Replication is a fundamental building block in modern computing infrastructures. This technique consists in de-duplicating data over several distributed machines, or replicas. It provides high availability, as data survives the failure of one or more replicas, and locality, clients having the possibility to access a nearby replica.
Unfortunately, the existing algorithms to coordinate access to replicated data are infamously difficult. Both failures and asynchrony make the interleaving of the processes unpredictable, complex, and often exponential in their numbers. In a recent work, it was established that Egalitarian Paxos (EPaxos) [1], a recent protocol for data replication which was published at the prestigious Symposium on Operating Systems (SOSP'13), is flawed [2]. The problem comes from the use of a single variable to track the decisions taken in the algorithm. As a result, processes may behave incorrectly, when concurrent accesses over replicated data occur in asynchrony periods, and break the guarantees offered by the protocol.
The goal of this research project is to come-up with a provably-correct fix for the algorithm.
For starters, the student(s) will study the EPaxos algorithm in depth. This study will rely on the pseudo-code provided by the authors [1], an implementation in Go [3], as well as recent works [4] that deconstruct EPaxos into simpler building blocks. Then, a fix will be proposed to avoid the incorrect behaviors. The soundness of this fix will be established with the help of machine-guided tools (e.g., theorem proving or symbolic model checking).

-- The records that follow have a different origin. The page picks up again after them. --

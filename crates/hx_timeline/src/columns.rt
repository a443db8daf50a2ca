// A timeline as text.

ghost use Rattle.std.specs.Prelude.{◌≡◌, ◌++◌, ◌+◌, ◌-◌, ◌^◌, ◌<◌, replicate, IfOk, OnOk};
ghost use Rattle.hx_timeline.specs.Columns.{head_words, head_line, lane_words, source_label, origin_label, mark_at, mark_of, is_on, is_over, row_line, row_lines, timeline_table, PutsCell};

use crate::chart::{Attempt, Chart, Fate, chart_of};
use crate::labels::{put_label, put_number};
use hx_trace::{Called, Deed, Event, Source, Told};
use std::alloc::{AllocError, Global};

// How many characters the number of a row has, and how many a lane.
const NUMBER: usize = 6;

const LANE: usize = 28;

/// A timeline as text: a line for each event, numbered from 1, and a column for each worker. What a worker does stands in its column. A
/// bar stands in those of the others whose attempt goes on, and a cross where that ends by what was done. Behind a load whose value was
/// forwarded stands the iteration that it came from. An `Err` means that an allocation was refused.
pub fn table(alloc: Global, names: &[Called], told: &Told) -> Result<Vec<u8>, AllocError>
    ensures { IfOk result (λ text. text.items ≡ timeline_table names.now told.now) }
{
    let chart = chart_of(alloc, &told.events)?;
    let mut text = Vec::new(alloc);
    put_heads(alloc, &mut text, chart.lanes)?;
    put_rows(alloc, &mut text, &chart, names, told)?;
    Ok(text)
}

fn put_rows(
    alloc: Global,
    text: &mut Vec<u8>,
    chart: &Chart,
    names: &[Called],
    told: &Told,
) -> Result<(), AllocError>
    ensures { OnOk result (text.new.items ≡ text.old.items ++ row_lines names.now told.now.trace.text.items chart.now.lanes chart.now.attempts.items 0 told.now.events.items) }
{
    for (row, event) in told.events.iter().enumerate() {
        put_row(alloc, text, chart, names, &told.trace.text, row, *event)?;
    }
    Ok(())
}

// Puts a cell of this width behind the text and so many blanks, and answers how many blanks belong behind it. An empty cell puts nothing.
fn put_cell(
    text: &mut Vec<u8>,
    blanks: usize,
    cell: &[u8],
    width: usize,
) -> Result<usize, AllocError>
    ensures { blanks + width < 2 ^ 64 - 1 → IfOk result (PutsCell text.old.items blanks width cell.now text.new.items) }
{
    let left = width.saturating_sub(cell.len()).max(1);
    if cell.is_empty() {
        return Ok(blanks.saturating_add(left));
    }
    put_blanks(text, blanks)?;
    text.extend_from_slice(cell)?;
    Ok(left)
}

fn put_blanks(text: &mut Vec<u8>, count: usize) -> Result<(), AllocError>
    ensures { OnOk result (text.new.items ≡ text.old.items ++ replicate count 32) }
{
    for _blank in 0..count {
        text.extend_from_slice(b" ")?;
    }
    Ok(())
}

fn put_heads(alloc: Global, text: &mut Vec<u8>, lanes: u32) -> Result<(), AllocError>
    ensures { OnOk result (text.new.items ≡ text.old.items ++ head_line lanes) }
{
    let mut blanks = NUMBER;
    for worker in 0..lanes {
        let mut cell = Vec::new(alloc);
        put_head(&mut cell, worker)?;
        blanks = put_cell(text, blanks, &cell, LANE)?;
    }
    text.extend_from_slice(b"\n")
}

fn put_head(cell: &mut Vec<u8>, worker: u32) -> Result<(), AllocError>
    ensures { OnOk result (cell.new.items ≡ cell.old.items ++ head_words worker) }
{
    cell.extend_from_slice(b"worker ")?;
    put_number(cell, worker)
}

fn put_row(
    alloc: Global,
    text: &mut Vec<u8>,
    chart: &Chart,
    names: &[Called],
    printed: &[u8],
    row: usize,
    event: Event,
) -> Result<(), AllocError>
    ensures { row < 2 ^ 64 - 1 → OnOk result (text.new.items ≡ text.old.items ++ row_line names.now printed.now chart.now.lanes chart.now.attempts.items row event) }
{
    let mut number = Vec::new(alloc);
    put_number(&mut number, row.saturating_add(1) as u64)?;
    let mut blanks = put_cell(text, 0, &number, NUMBER)?;
    for worker in 0..chart.lanes {
        let mut cell = Vec::new(alloc);
        put_words(&mut cell, chart, names, printed, row, event, worker)?;
        blanks = put_cell(text, blanks, &cell, LANE)?;
    }
    text.extend_from_slice(b"\n")
}

// What stands in the lane of a worker.
fn put_words(
    cell: &mut Vec<u8>,
    chart: &Chart,
    names: &[Called],
    printed: &[u8],
    row: usize,
    event: Event,
    worker: u32,
) -> Result<(), AllocError>
    ensures { OnOk result (cell.new.items ≡ cell.old.items ++ lane_words names.now printed.now chart.now.attempts.items row event worker) }
{
    if worker == event.worker {
        put_label(cell, names, printed, event)?;
        put_origin(cell, event.deed)
    } else {
        cell.extend_from_slice(mark_at(&chart.attempts, row, worker))
    }
}

// Where a value that is loaded comes from, if it was forwarded.
fn put_origin(text: &mut Vec<u8>, deed: Deed) -> Result<(), AllocError>
    ensures { OnOk result (text.new.items ≡ text.old.items ++ origin_label deed) }
{
    match deed {
        Deed::Loads {
            word: _,
            value: _,
            source,
        } => put_source(text, source),
        _ => Ok(()),
    }
}

fn put_source(text: &mut Vec<u8>, source: Source) -> Result<(), AllocError>
    ensures { OnOk result (text.new.items ≡ text.old.items ++ source_label source) }
{
    match source {
        Source::Iteration(iteration) => {
            text.extend_from_slice(b" < iteration ")?;
            put_number(text, iteration)
        }
        Source::Store | Source::Buffer | Source::Marks => Ok(()),
    }
}

// What stands in the lane of a worker while another does something.
fn mark_at(attempts: &[Attempt], row: usize, worker: u32) -> &'static [u8]
    ensures { result.now ≡ mark_at row worker attempts.now }
{
    for attempt in attempts {
        if is_on(*attempt, row, worker) {
            return mark_of(*attempt, row);
        }
    }
    b""
}

fn mark_of(attempt: Attempt, row: usize) -> &'static [u8]
    ensures { result.now ≡ mark_of attempt row }
{
    if is_over(attempt, row) { b"x" } else { b"|" }
}

// Whether an attempt of this worker runs in a row, or ends there.
fn is_on(attempt: Attempt, row: usize, worker: u32) -> bool
    ensures { result ≡ is_on attempt row worker }
{
    attempt.worker == worker && attempt.first <= row && row <= attempt.last
}

// Whether it ends there.
fn is_over(attempt: Attempt, row: usize) -> bool
    ensures { result ≡ is_over attempt row }
{
    attempt.last == row && attempt.fate != Fate::Runs
}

The project is open to students from either IP Paris Masters (PDS, HPDA), or VAP ASR at Telecom SudParis.
Prof. Pierre Sutra
[1] I. Moraru, D. G. Andersen, and M. Kaminsky. There Is More Consensus in Egalitarian Parliaments. In Symposium on Operating Systems Principles (SOSP), 2013.
[2] P. Sutra. On the correctness of Egalitarian Paxos. Information. Processing Letters, 2020.
[3] https://github.com/efficient/epaxos
[4] T. França Rezende, P. Sutra, Leaderless State-Machine Replication: Specification, Properties, Limits, In International Symposium on Distributed Computing (DISC), 2020.